-- Available data follows --

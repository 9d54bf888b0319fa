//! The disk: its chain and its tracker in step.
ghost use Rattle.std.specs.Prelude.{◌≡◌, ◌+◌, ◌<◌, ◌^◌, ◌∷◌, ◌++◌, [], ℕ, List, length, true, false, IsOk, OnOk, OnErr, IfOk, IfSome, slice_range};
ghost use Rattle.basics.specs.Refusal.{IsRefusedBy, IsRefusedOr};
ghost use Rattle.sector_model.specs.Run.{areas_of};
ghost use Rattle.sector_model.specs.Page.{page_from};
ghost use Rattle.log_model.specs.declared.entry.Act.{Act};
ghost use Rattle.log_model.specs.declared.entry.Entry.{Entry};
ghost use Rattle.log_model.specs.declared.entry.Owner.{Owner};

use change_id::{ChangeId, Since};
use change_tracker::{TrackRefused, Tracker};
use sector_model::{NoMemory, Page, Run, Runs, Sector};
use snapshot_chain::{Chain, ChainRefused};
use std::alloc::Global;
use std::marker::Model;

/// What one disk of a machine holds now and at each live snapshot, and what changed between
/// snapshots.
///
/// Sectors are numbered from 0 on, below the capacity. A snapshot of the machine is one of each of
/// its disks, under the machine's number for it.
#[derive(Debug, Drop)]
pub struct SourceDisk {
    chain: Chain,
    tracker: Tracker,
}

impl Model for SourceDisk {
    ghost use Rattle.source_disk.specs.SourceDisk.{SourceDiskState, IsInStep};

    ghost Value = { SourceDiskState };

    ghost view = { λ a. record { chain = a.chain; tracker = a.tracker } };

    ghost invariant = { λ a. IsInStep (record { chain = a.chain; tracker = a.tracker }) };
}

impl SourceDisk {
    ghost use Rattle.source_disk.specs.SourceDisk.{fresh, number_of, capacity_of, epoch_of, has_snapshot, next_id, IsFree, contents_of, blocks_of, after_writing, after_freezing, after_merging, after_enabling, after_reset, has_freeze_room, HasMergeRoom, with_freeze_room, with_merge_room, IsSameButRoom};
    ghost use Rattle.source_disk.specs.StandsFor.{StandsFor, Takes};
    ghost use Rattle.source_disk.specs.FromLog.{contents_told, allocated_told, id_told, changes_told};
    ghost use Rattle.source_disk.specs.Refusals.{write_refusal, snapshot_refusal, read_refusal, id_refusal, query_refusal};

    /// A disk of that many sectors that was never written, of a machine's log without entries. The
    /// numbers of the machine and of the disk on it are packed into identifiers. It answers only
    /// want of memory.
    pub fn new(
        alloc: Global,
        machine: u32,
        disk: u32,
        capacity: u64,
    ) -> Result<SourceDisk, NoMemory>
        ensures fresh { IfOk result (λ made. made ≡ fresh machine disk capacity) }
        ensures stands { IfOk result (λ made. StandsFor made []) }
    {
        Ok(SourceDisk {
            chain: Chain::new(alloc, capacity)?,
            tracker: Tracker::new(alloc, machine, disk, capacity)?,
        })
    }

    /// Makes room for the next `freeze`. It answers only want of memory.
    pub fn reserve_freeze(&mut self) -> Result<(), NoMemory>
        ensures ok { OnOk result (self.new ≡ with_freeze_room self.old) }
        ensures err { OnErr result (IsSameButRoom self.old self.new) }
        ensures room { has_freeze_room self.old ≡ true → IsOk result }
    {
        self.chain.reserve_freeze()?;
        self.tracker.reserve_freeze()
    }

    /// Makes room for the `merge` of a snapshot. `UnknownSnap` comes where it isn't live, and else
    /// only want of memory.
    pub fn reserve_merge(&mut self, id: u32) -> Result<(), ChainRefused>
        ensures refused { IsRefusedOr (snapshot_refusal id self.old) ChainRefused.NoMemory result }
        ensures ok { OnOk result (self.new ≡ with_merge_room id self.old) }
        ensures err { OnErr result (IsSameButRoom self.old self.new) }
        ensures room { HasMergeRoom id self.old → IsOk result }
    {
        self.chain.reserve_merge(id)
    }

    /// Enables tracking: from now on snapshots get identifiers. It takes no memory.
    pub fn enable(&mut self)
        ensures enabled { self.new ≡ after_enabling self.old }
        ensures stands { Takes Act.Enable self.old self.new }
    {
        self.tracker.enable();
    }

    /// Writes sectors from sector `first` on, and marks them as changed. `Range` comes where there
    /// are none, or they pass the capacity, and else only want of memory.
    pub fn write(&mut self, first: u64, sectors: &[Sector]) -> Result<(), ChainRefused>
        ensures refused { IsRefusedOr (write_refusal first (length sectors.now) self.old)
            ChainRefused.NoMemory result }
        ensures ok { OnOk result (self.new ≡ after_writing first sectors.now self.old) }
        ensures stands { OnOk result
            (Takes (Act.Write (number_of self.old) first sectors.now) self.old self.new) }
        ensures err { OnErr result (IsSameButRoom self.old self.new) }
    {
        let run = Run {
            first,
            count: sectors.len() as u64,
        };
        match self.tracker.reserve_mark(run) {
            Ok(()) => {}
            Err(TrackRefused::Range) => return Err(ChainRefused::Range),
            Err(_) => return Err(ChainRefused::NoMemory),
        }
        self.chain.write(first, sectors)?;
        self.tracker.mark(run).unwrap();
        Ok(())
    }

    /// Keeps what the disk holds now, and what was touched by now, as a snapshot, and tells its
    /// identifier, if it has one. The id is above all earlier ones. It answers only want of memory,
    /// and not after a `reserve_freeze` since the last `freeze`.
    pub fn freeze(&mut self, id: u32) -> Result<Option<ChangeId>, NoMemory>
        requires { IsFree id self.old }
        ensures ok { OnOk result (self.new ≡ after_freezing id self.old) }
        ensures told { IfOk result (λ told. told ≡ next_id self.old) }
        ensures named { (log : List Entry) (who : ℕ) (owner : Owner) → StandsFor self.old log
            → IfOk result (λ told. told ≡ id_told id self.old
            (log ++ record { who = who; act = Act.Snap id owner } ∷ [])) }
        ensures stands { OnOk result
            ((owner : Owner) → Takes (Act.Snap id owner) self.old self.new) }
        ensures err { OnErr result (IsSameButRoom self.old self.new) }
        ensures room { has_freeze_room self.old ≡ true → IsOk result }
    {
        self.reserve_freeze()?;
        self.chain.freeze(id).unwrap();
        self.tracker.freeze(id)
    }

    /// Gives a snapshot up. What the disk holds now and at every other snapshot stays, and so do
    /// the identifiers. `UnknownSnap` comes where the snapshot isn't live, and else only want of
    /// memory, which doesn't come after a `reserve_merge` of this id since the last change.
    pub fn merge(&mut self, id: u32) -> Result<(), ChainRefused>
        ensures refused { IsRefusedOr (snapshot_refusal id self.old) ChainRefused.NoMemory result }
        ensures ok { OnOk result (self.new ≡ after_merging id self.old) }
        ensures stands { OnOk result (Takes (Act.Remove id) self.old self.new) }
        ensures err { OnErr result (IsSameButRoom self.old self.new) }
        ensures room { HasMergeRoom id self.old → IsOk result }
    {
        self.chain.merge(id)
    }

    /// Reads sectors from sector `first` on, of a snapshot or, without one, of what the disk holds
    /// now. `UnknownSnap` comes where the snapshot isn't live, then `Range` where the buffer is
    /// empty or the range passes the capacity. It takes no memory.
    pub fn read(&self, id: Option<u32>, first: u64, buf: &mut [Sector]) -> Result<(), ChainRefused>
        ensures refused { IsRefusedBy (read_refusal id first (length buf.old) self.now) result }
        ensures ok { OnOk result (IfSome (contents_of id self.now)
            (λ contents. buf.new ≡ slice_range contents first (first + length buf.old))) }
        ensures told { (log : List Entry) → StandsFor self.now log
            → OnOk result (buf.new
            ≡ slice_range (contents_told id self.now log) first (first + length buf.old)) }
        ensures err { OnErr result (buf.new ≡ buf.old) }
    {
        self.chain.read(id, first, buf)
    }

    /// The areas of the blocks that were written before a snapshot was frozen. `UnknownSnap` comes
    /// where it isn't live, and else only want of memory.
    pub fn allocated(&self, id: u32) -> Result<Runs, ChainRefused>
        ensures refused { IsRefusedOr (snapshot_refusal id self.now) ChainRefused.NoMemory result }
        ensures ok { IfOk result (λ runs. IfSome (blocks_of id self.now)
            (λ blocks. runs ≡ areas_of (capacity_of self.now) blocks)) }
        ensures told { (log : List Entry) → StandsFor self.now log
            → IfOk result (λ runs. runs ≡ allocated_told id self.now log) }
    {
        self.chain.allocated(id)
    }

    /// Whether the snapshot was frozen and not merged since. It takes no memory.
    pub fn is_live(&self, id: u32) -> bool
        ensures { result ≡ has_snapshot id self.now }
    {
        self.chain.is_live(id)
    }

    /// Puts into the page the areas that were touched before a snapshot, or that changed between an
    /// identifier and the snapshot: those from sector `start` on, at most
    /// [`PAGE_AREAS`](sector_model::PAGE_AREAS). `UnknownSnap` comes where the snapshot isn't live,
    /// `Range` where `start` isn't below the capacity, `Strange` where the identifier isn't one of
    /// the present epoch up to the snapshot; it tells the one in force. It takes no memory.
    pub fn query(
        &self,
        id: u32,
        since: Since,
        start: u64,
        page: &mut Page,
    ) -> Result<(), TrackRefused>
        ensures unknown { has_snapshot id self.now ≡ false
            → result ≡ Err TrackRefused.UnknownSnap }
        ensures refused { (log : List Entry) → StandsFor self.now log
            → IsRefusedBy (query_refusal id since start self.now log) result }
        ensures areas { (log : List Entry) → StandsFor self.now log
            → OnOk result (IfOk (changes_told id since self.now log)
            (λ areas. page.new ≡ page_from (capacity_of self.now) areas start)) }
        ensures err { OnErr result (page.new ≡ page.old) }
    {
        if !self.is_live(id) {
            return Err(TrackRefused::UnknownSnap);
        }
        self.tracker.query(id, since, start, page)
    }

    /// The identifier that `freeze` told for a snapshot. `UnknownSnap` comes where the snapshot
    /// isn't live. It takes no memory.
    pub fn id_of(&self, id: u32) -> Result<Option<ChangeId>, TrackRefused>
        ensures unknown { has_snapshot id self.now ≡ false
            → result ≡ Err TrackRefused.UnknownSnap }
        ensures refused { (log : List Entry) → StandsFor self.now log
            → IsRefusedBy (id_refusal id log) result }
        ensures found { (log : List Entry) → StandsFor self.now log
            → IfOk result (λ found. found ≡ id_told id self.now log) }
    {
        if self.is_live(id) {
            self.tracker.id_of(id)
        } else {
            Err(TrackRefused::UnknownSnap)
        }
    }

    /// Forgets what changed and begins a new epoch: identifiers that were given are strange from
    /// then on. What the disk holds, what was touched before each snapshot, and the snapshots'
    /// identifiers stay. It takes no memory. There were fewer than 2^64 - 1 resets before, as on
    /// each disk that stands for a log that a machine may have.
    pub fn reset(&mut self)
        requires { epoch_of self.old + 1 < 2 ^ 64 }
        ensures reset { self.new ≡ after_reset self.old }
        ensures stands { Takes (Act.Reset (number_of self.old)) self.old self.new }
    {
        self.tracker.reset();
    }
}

-- Available data concluded --

About this task: Using the listing above, show each line holding the string "below".

Exercise answer:
/// Sectors are numbered from 0 on, below the capacity. A snapshot of the machine is one of each of
    /// `Range` where `start` isn't below the capacity, `Strange` where the identifier isn't one of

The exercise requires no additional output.